Create classification models from simulated data (make_models) (command line only)
Create classification models that predict a generational distance between 2 individuals of 1 till the number of simulated generations. There are a number of different models that can be chosen from. From our experience the best performing models are the multi-layer perceptron, support vector machines (SVM, scale very badly with large datasets) and linear discriminant analysis (LDA). Depending on the model this can run for quite a while. It is also advised to a large number of cores if available to speed up the calculations.
Example command:
$ mpt make_models -i simulated_data.csv -o output_folder -mt MDS LDA -c -1This will create a pickled RandomizedSearchCV object containing the model. These can be used by the final component of these comands to predict the generational distance between individuals.
Predict generational distance (predict)
Allows to predict the generational distance between one or more individuals based on the number of mutations between a sets of markers. There are a number of pre-computed models that can be used for a few standard sets of markers. The following marker sets have pre-computed models:
RMPLEX
PPY23
YFP
PPY23 + RMPLEX
YFP + RMPLEX
The input file can be generated from an alleles file with the help of the mut_diff command.
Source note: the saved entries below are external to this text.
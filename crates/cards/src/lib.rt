//! Images of cards, built in memory for tests and trials.
#![tactic(auto)]

pub mod card;
pub mod example;
pub mod fault;
mod files;
mod tree;
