//! How many names the paths below a directory have.
ghost use Rattle.std.specs.Prelude.{◌≡◌, ℕ, ◌+◌, ◌-◌, ◌*◌, ◌≤◌, ◌<◌, true, false, ◌||◌, ◌&&◌, nat_lt, List, Contains, length, Some, OnOk, OnErr, IfOk, IfErr, if◌then◌else◌};
ghost use Rattle.std.specs.FinSet as set;
ghost use Rattle.node_format.specs.declared.place.Place.TheVariants.{Dir};
ghost use Rattle.nodes.specs.Chains.{link_items, next_of};
ghost use Rattle.nodes.specs.TreeLaws.{IsShallow};
ghost use Rattle.directory.specs.Lookups.{LeadsToDirectories};
ghost use Rattle.directory.specs.Depths as spec;
ghost use Rattle.nodes.specs.Faults.{IsLookFault};
ghost use Rattle.nodes.specs.Words.{LooksWithin};
ghost use Rattle.fs_types.specs.declared.limits.TheConstants.{MAX_NAMES};

use block_ring::{BlockSet, SparseWords};
use fs_types::Fault;
use node_format::{Entries, EntryList, Place};
use nodes::{Nodes, brings};
use std::alloc::Global;

/// Puts the blocks of the directories among entries into a set, but those past its last block.
fn add_directories(list: EntryList<'_>, found: &mut BlockSet)
    ensures added { (b : ℕ) → set.contains found.new.members b ≡ (set.contains found.old.members b || (nat_lt b found.old.blocks && spec.names_directory list.entry b)) }
    ensures size { found.new.blocks ≡ found.old.blocks }
{
    for entry in list {
        if let Place::Dir { block } = entry.place() {
            if block < found.blocks() {
                found.insert(block);
            }
        }
    }
}

/// Puts the blocks of the directories that the node in a block names into a set, but those past its
/// last block. Answers the block of the node after it, 0 where none comes; a block without a
/// directory node names none.
fn add_named<N: Nodes>(nodes: &mut N, block: u32, found: &mut BlockSet) -> Result<u32, Fault>
    requires { N.is_sound nodes.old }

    // What is added, and the block of the next node.
    ensures added { OnOk result ((b : ℕ) → set.contains found.new.members b ≡ (set.contains found.old.members b || (nat_lt b found.old.blocks && spec.names_directory (link_items (N.node nodes.old block)) b))) }
    ensures next { IfOk result (λ next. next_of (N.node nodes.old block) ≡ next) }
    ensures same { OnErr result (found.new ≡ found.old) }
    ensures size { found.new.blocks ≡ found.old.blocks }

    // Why not, and what is read.
    ensures calls { LooksWithin N.Nodes IsLookFault 1 nodes.old result nodes.new }
    ensures reads { N.reads nodes.new ≡ N.reads nodes.old + 1 }
{
    let brought = brings(nodes, block)?;
    if !brought {
        return Ok(0);
    }
    let Some(node) = Entries::of(nodes.lent()) else {
        return Ok(0);
    };
    let next = node.next();
    add_directories(node.list(), found);
    Ok(next)
}

/// The same where some nodes are known to name no directory: of these the block of the next one is
/// listed, and they are not read.
fn add_unknown<N: Nodes>(
    nodes: &mut N,
    block: u32,
    found: &mut BlockSet,
    quiet: &BlockSet,
    nexts: &SparseWords,
) -> Result<u32, Fault>
    requires sound { N.is_sound nodes.old }
    requires quiet { spec.AreQuiet (N.node nodes.old) quiet.now.members nexts.now }

    // What is added, and the block of the next node.
    ensures added { OnOk result ((b : ℕ) → set.contains found.new.members b ≡ (set.contains found.old.members b || (nat_lt b found.old.blocks && spec.names_directory (link_items (N.node nodes.old block)) b))) }
    ensures next { IfOk result (λ next. next_of (N.node nodes.old block) ≡ next) }
    ensures same { OnErr result (found.new ≡ found.old) }
    ensures size { found.new.blocks ≡ found.old.blocks }

    // Why not, and what is read.
    ensures calls { LooksWithin N.Nodes IsLookFault (if set.contains quiet.now.members block then 0 else 1) nodes.old result nodes.new }
    ensures reads { N.reads nodes.new ≡ N.reads nodes.old + (if set.contains quiet.now.members block then 0 else 1) }
{
    if quiet.contains(block) {
        return Ok(nexts.get(block));
    }
    add_named(nodes, block, found)
}

/// Whether a block is one to be read: 0 names none, and none is read twice.
fn is_left(seen: &BlockSet, block: u32) -> bool
    ensures { result ≡ spec.is_left seen.now.blocks seen.now.members block }
{
    block != 0 && block < seen.blocks() && !seen.contains(block)
}

/// Reads the nodes that follow one another from a block on, to the last or to one that was seen:
/// puts them into the set of those seen, and the directories that they name into a set.
fn add_chain<N: Nodes>(
    nodes: &mut N,
    block: u32,
    seen: &mut BlockSet,
    found: &mut BlockSet,
    quiet: &BlockSet,
    nexts: &SparseWords,
) -> Result<(), Fault>
    requires sound { N.is_sound nodes.old }
    requires quiet { spec.AreQuiet (N.node nodes.old) quiet.now.members nexts.now }
    requires size { (seen.old.blocks ≡ N.blocks nodes.old) × (found.old.blocks ≡ N.blocks nodes.old) }
    ensures read { OnOk result (spec.IsChainRead (N.node nodes.old) (N.blocks nodes.old) block seen.old.members found.old.members seen.new.members found.new.members) }

    // Whatever is answered, those seen stay so, and more are among any list that has the block and all that it names.
    ensures stays { (b : ℕ) → set.contains seen.old.members b ≡ true → set.contains seen.new.members b ≡ true }
    ensures among { (roots list : List ℕ) → spec.HasDirectories (N.node nodes.old) (N.blocks nodes.old) roots list → Contains list block → spec.AreAmong list seen.old.members seen.new.members × spec.AreAmong list found.old.members found.new.members }
    ensures size { (seen.new.blocks ≡ seen.old.blocks) × (found.new.blocks ≡ found.old.blocks) }

    // Each read is of a block that was not seen, and whose node is not known.
    ensures calls { LooksWithin N.Nodes IsLookFault (spec.count_below (spec.is_loud quiet.now.members seen.new.members) seen.old.blocks - spec.count_below (spec.is_loud quiet.now.members seen.old.members) seen.old.blocks) nodes.old result nodes.new }
    ensures reads { N.reads nodes.new + spec.count_below (spec.is_loud quiet.now.members seen.old.members) seen.old.blocks ≡ N.reads nodes.old + spec.count_below (spec.is_loud quiet.now.members seen.new.members) seen.old.blocks }
{
    let mut at = block;
    'chain: while is_left(seen, at) {
        seen.insert(at);
        at = add_unknown(nodes, at, found, quiet, nexts)?;
    }
    Ok(())
}

/// Whether the node in a block has entries. A block without a directory node has none.
fn has_entries<N: Nodes>(nodes: &mut N, block: u32) -> Result<bool, Fault>
    requires { N.is_sound nodes.old }
    ensures value { IfOk result (λ some. some ≡ nat_lt 0 (length (link_items (N.node nodes.old block)))) }
    ensures calls { LooksWithin N.Nodes IsLookFault 1 nodes.old result nodes.new }
    ensures reads { N.reads nodes.new ≡ N.reads nodes.old + 1 }
{
    let brought = brings(nodes, block)?;
    if !brought {
        return Ok(false);
    }
    let Some(node) = Entries::of(nodes.lent()) else {
        return Ok(false);
    };
    Ok(node.list().len() > 0)
}

/// The blocks of the directories that the directories of a set of blocks name. Each of their nodes
/// is read once, also where directories share it.
fn next_level<N: Nodes>(
    alloc: Global,
    nodes: &mut N,
    level: &BlockSet,
    quiet: &BlockSet,
    nexts: &SparseWords,
) -> Result<BlockSet, Fault>
    requires sound { N.is_sound nodes.old }
    requires quiet { spec.AreQuiet (N.node nodes.old) quiet.now.members nexts.now }
    requires within { (b : ℕ) → set.contains level.now.members b ≡ true → b < level.now.blocks }
    requires size { level.now.blocks ≡ N.blocks nodes.old }
    ensures named { IfOk result (λ next. spec.AreNamedBy (N.node nodes.old) level.now.blocks (set.contains level.now.members) next.members × (next.blocks ≡ level.now.blocks)) }
    ensures calls { LooksWithin N.Nodes IsLookFault (N.blocks nodes.old) nodes.old result nodes.new }

    // What is read and found is among any list that has the level and all that it names.
    ensures among { IfOk result (λ next. (roots list : List ℕ) → spec.HasDirectories (N.node nodes.old) (N.blocks nodes.old) roots list → ((b : ℕ) → set.contains level.now.members b ≡ true → Contains list b) → (b : ℕ) → set.contains next.members b ≡ true → Contains list b) }
    ensures reads { (roots list : List ℕ) → spec.HasDirectories (N.node nodes.old) (N.blocks nodes.old) roots list → ((b : ℕ) → set.contains level.now.members b ≡ true → Contains list b) → N.reads nodes.new ≤ N.reads nodes.old + length (spec.loud_of quiet.now.members list) }
{
    let mut next = BlockSet::new(alloc, level.blocks())?;
    let mut seen = BlockSet::new(alloc, level.blocks())?;
    for block in 0..level.blocks() {
        if level.contains(block) {
            add_chain(nodes, block, &mut seen, &mut next, quiet, nexts)?;
        }
    }
    Ok(next)
}

/// Whether the first node of a directory of a set of blocks has entries.
fn any_has_entries<N: Nodes>(nodes: &mut N, level: &BlockSet) -> Result<bool, Fault>
    requires sound { N.is_sound nodes.old }
    requires within { (b : ℕ) → set.contains level.now.members b ≡ true → b < level.now.blocks }

    // What is answered.
    ensures some { IfOk result (λ some. some ≡ true → (b : ℕ) × (set.contains level.now.members b ≡ true) × (0 < length (link_items (N.node nodes.old b)))) }
    ensures none { IfOk result (λ some. some ≡ false → (b : ℕ) → set.contains level.now.members b ≡ true → length (link_items (N.node nodes.old b)) ≡ 0) }

    // Why not, and what is read.
    ensures calls { LooksWithin N.Nodes IsLookFault level.now.blocks nodes.old result nodes.new }
    ensures reads { (list : List ℕ) → ((b : ℕ) → set.contains level.now.members b ≡ true → Contains list b) → N.reads nodes.new ≤ N.reads nodes.old + length list }
{
    for block in 0..level.blocks() {
        if level.contains(block) {
            let has_some = has_entries(nodes, block)?;
            if has_some {
                return Ok(true);
            }
        }
    }
    Ok(false)
}

/// The set of the blocks of a list, but those past the last block.
fn first_level(alloc: Global, blocks: u32, list: &[u32]) -> Result<BlockSet, Fault>
    ensures has { IfOk result (λ level. spec.HasBlocks blocks list.now level.members) }
    ensures size { IfOk result (λ level. level.blocks ≡ blocks) }
    ensures memory { IfErr result (λ fault. fault ≡ Fault.NoMemory) }
{
    let mut level = BlockSet::new(alloc, blocks)?;
    for block in list {
        if *block < blocks {
            level.insert(*block);
        }
    }
    Ok(level)
}

/// Whether some path below one of the directories in some blocks has more than `most` names. Any
/// content of the nodes is looked at, directories that reach themselves too; where not each directory
/// on the way begins one, paths may be told to be longer than they are. No path is walked: three sets
/// of blocks are kept, of a level of directories, of the next one and of the nodes that were read. At
/// most `most + 1` levels are read, and each block at most once a level.
///
/// Nodes that are known to name no directory are not read but for the first ones of the last level: of
/// each the block of the node after it is listed.
///
/// Refused with `NoMemory` and with what a read is refused with, but never with `Damaged`.
pub fn any_is_deeper<N: Nodes>(
    alloc: Global,
    nodes: &mut N,
    roots: &[u32],
    most: usize,
    quiet: &BlockSet,
    nexts: &SparseWords,
) -> Result<bool, Fault>
    requires sound { N.is_sound nodes.old }
    requires quiet { spec.AreQuiet (N.node nodes.old) quiet.now.members nexts.now }
    requires most { most ≤ MAX_NAMES }
    ensures deeper { ((root : ℕ) → Contains roots.now root → LeadsToDirectories (N.node nodes.old) root) → IfOk result (λ deep. deep ≡ true → (root : ℕ) × Contains roots.now root × spec.IsDeeper (N.node nodes.old) (Dir root) most) }
    ensures shallow { IfOk result (λ deep. deep ≡ false → (root : ℕ) → Contains roots.now root → IsShallow (N.node nodes.old) (Dir root) most) }
    ensures calls { LooksWithin N.Nodes IsLookFault ((most + 1) * N.blocks nodes.old) nodes.old result nodes.new }

    // A level reads the nodes of its directories alone that are not known: they are among any list that has the roots and all
    // that it names.
    ensures reads { (list : List ℕ) → spec.HasDirectories (N.node nodes.old) (N.blocks nodes.old) roots.now list → N.reads nodes.new ≤ N.reads nodes.old + (most * length (spec.loud_of quiet.now.members list) + length list) }
{
    let blocks = nodes.block_count();
    let mut level = first_level(alloc, blocks, roots)?;
    for done in 0..most {
        if level.is_empty() {
            return Ok(false);
        }
        level = next_level(alloc, nodes, &level, quiet, nexts)?;
    }
    any_has_entries(nodes, &level)
}

/// Whether some path below the directory of a block has more than `most` names, as `any_is_deeper`.
pub fn is_deeper<N: Nodes>(
    alloc: Global,
    nodes: &mut N,
    block: u32,
    most: usize,
) -> Result<bool, Fault>
    requires sound { N.is_sound nodes.old }
    requires most { most ≤ MAX_NAMES }

    // What is answered.
    ensures deeper { LeadsToDirectories (N.node nodes.old) block → IfOk result (λ deep. deep ≡ true → spec.IsDeeper (N.node nodes.old) (Dir block) most) }
    ensures shallow { IfOk result (λ deep. deep ≡ false → IsShallow (N.node nodes.old) (Dir block) most) }

    // Why not, and what is read.
    ensures calls { LooksWithin N.Nodes IsLookFault ((most + 1) * N.blocks nodes.old) nodes.old result nodes.new }
{
    let none = BlockSet::new(alloc, 0)?;
    let nexts = SparseWords::new(alloc, 0);
    any_is_deeper(alloc, nodes, &[block], most, &none, &nexts)
}

/// Where a rename asks no depth: what stands at a path gets too deep at no path of as many names or
/// fewer, and a file nowhere. It does nothing: its contract is the law.
pub fn depth_laws()
    ensures as_deep { spec.AsDeepLaw }
    ensures files { spec.FileLaw }
{}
The file should look the same as the examples/example_simulated.csv.
Example command:
$ mpt predict -i marker_mutation_observations.csv -o output_folder -m model_file.joblib -tf simulated_data.csvFull example
Here is an example for using the all command using files provided in the examples folder of this repository. The example is for the command line specifically but the provided output should be the same for the gui. Take note that the example command assumes that it is executed from MalePedigreeToolbox base folder.
$ mpt all --tgf_folder ./examples/example_tgfs/ --allele_file ./examples/example_alleles.csv --outdir ./output_directory --type both --random_state 5 --marker_rates ./examples/example_marker_rates.csv --clusters 2
INFO 15:11:57.464672 (0.004 sec) - Loading libraries...
INFO 15:12:04.859765 (7.399 sec) - Running all modules in tandem...
INFO 15:12:04.859927 (7.399 sec) -
INFO 15:12:04.859969 (7.399 sec) - Step 1/4
INFO 15:12:04.860012 (7.399 sec) - Started with calculating pairwise distances.
INFO 15:12:04.861764 (7.401 sec) - Finished calculating pairwise distances
INFO 15:12:04.861858 (7.401 sec) -
INFO 15:12:04.861897 (7.401 sec) - Step 2/4
INFO 15:12:04.861940 (7.401 sec) - Starting with calculating differentiation rates
INFO 15:12:04.870831 (7.410 sec) - Finished reading both input files
INFO 15:12:04.871125 (7.411 sec) - In total there are 49 markers that will be analysed.
WARNING 15:12:04.872397 (7.412 sec) - Marker (DYS1001) is not present in 1036648 and 1992767. The comparisson will be skipped.
INFO 15:12:04.874018 (7.413 sec) - Calculation progress: 45%...
INFO 15:12:05.259639 (7.799 sec) - Starting with writing mutation differentiation information to files
INFO 15:12:05.311114 (7.851 sec) - Started with summarising and writing meiosis differentiation rates to file
INFO 15:12:05.323806 (7.863 sec) - Finished calculating differentiation rates.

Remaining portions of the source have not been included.